- [Problem statement]: Look through the records below and state how many lines carry the string "loads", adding nothing.

- [Records for the task]:
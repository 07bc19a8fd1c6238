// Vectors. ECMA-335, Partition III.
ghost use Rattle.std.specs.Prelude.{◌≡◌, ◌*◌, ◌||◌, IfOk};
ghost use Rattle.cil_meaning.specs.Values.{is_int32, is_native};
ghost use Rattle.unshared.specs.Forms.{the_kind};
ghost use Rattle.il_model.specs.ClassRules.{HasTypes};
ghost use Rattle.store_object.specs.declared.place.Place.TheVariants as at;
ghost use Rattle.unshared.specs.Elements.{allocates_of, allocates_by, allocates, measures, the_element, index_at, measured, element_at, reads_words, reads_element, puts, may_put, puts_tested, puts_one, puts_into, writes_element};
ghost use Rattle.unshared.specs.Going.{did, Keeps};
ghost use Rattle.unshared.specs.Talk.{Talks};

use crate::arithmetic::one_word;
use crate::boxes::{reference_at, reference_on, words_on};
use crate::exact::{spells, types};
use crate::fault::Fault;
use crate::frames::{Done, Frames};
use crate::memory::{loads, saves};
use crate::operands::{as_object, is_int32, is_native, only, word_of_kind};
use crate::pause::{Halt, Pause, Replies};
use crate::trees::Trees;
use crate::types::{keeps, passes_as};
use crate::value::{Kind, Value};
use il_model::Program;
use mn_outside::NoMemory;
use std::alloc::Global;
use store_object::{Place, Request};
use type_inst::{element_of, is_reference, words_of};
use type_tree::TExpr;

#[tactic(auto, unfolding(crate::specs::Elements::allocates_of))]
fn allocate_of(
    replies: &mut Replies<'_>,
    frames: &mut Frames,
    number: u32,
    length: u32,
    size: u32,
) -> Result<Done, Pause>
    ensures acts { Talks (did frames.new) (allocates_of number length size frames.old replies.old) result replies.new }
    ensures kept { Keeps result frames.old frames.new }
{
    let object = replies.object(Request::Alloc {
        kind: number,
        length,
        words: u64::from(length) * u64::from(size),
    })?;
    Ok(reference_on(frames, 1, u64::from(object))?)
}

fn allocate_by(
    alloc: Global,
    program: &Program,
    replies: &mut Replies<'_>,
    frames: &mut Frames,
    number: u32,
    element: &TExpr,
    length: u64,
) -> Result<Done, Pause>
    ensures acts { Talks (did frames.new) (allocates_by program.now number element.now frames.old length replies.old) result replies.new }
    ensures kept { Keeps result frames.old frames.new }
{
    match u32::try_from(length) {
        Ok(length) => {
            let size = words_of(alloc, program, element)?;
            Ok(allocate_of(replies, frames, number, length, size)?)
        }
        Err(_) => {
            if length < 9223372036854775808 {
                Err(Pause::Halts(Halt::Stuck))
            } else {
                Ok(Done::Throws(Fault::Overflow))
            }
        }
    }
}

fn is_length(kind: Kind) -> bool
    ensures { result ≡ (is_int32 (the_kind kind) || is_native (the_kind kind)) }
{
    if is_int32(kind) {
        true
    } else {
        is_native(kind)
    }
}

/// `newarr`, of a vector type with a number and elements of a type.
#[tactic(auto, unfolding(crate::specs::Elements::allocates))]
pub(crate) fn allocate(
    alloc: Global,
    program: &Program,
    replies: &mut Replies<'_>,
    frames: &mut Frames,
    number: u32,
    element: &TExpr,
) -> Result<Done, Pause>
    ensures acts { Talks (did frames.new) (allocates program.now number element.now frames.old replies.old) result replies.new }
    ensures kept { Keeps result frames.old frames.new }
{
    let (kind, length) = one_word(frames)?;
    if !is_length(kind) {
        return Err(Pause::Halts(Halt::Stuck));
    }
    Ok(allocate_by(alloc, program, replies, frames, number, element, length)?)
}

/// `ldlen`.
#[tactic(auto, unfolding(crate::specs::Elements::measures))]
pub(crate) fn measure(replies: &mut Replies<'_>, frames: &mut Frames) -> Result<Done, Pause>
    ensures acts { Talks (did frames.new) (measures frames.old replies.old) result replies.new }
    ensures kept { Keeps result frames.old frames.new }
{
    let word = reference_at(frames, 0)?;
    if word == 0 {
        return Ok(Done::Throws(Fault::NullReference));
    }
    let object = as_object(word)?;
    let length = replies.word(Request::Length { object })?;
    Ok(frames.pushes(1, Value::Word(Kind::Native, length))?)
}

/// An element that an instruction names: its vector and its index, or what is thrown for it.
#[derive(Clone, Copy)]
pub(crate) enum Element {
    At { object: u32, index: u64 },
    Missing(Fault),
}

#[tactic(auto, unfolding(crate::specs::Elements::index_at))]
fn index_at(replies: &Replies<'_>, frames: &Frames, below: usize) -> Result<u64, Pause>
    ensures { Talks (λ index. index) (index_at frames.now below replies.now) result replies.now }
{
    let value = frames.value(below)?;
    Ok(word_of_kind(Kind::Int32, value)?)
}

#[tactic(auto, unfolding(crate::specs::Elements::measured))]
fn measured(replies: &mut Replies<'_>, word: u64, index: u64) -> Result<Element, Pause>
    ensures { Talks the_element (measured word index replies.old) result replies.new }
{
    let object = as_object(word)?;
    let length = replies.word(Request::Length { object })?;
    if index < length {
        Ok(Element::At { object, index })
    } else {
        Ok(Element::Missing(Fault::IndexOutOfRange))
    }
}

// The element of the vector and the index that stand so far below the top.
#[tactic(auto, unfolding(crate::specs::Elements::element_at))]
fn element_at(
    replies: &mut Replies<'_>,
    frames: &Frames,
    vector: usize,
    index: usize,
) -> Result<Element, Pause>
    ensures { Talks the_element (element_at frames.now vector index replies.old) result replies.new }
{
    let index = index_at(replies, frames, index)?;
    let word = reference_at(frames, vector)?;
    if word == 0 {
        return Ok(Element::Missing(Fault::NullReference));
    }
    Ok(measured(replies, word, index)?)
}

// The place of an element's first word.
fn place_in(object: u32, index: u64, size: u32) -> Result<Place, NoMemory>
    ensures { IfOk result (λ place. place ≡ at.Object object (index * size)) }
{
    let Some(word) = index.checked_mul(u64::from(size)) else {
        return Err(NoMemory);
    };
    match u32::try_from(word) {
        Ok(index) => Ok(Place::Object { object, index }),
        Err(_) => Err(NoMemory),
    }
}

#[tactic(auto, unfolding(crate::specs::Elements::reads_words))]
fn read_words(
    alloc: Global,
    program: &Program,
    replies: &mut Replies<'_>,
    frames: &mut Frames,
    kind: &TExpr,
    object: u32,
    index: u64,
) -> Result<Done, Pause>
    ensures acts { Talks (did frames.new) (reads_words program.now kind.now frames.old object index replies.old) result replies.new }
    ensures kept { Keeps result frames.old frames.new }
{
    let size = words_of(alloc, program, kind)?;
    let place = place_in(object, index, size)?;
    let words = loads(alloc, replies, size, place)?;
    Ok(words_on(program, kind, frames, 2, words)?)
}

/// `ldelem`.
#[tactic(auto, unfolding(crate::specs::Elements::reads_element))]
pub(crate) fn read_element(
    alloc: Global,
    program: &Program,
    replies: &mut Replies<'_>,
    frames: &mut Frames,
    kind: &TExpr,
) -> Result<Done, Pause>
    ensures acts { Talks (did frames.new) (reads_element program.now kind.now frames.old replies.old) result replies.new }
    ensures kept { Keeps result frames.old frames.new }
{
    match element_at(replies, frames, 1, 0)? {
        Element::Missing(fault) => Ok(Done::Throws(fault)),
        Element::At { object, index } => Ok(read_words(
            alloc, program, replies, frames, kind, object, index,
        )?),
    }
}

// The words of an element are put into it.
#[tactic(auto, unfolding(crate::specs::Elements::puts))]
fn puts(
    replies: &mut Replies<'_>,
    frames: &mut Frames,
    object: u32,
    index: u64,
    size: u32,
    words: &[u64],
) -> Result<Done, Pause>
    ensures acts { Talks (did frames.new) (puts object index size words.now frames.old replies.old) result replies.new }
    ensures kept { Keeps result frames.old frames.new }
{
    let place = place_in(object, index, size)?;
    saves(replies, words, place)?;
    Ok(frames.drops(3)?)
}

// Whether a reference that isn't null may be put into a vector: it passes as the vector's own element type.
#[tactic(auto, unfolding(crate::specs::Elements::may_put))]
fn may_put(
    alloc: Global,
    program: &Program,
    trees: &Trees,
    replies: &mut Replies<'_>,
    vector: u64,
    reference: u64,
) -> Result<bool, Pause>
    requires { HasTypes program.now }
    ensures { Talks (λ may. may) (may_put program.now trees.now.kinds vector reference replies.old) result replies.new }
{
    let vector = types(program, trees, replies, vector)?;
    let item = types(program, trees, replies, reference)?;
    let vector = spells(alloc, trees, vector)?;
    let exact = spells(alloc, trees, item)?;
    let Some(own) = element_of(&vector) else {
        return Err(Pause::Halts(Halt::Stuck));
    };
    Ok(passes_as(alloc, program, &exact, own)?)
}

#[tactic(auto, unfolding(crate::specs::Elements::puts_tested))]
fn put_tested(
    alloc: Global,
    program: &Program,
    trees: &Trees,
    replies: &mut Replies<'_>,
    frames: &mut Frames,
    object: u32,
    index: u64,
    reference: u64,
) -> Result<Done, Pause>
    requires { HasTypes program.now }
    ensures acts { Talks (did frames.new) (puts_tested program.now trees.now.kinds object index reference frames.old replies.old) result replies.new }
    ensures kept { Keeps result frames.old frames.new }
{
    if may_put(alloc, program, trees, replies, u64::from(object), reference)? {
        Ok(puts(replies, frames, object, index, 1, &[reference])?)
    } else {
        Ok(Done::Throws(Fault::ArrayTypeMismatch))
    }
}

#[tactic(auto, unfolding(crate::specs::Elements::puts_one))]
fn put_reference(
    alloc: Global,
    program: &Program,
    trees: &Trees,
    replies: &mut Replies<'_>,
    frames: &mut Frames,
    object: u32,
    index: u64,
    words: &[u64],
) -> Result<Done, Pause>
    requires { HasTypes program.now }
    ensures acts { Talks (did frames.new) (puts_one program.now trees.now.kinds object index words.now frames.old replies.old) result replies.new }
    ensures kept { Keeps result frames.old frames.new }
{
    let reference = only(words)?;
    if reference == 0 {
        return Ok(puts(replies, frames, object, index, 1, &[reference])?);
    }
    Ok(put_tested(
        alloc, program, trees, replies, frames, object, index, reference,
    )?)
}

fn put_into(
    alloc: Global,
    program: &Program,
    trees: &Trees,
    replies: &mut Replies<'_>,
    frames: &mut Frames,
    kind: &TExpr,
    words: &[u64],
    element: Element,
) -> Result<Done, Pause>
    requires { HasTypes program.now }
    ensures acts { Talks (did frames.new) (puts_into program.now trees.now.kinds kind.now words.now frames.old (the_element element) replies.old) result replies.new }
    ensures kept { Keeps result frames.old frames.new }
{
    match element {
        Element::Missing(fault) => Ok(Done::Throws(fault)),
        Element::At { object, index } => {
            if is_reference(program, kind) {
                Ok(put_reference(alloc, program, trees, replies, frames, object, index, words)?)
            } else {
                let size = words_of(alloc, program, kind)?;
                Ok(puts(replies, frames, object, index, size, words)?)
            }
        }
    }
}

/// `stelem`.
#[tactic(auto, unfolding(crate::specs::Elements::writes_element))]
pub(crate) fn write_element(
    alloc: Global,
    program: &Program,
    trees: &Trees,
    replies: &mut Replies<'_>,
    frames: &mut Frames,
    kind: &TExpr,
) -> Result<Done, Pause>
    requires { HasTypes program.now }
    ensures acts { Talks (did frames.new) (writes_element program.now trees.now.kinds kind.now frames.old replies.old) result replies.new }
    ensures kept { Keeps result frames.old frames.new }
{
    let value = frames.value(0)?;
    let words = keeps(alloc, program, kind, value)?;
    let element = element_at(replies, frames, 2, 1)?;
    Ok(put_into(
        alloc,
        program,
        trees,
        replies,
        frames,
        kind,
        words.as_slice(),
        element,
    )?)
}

...

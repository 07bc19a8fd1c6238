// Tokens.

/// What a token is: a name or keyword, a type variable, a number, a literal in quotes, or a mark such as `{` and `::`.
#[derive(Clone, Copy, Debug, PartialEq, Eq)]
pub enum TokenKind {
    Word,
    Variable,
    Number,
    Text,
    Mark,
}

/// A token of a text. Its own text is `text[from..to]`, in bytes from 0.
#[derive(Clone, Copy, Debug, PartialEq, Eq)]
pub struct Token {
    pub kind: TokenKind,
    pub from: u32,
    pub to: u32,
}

- [Solution]: 2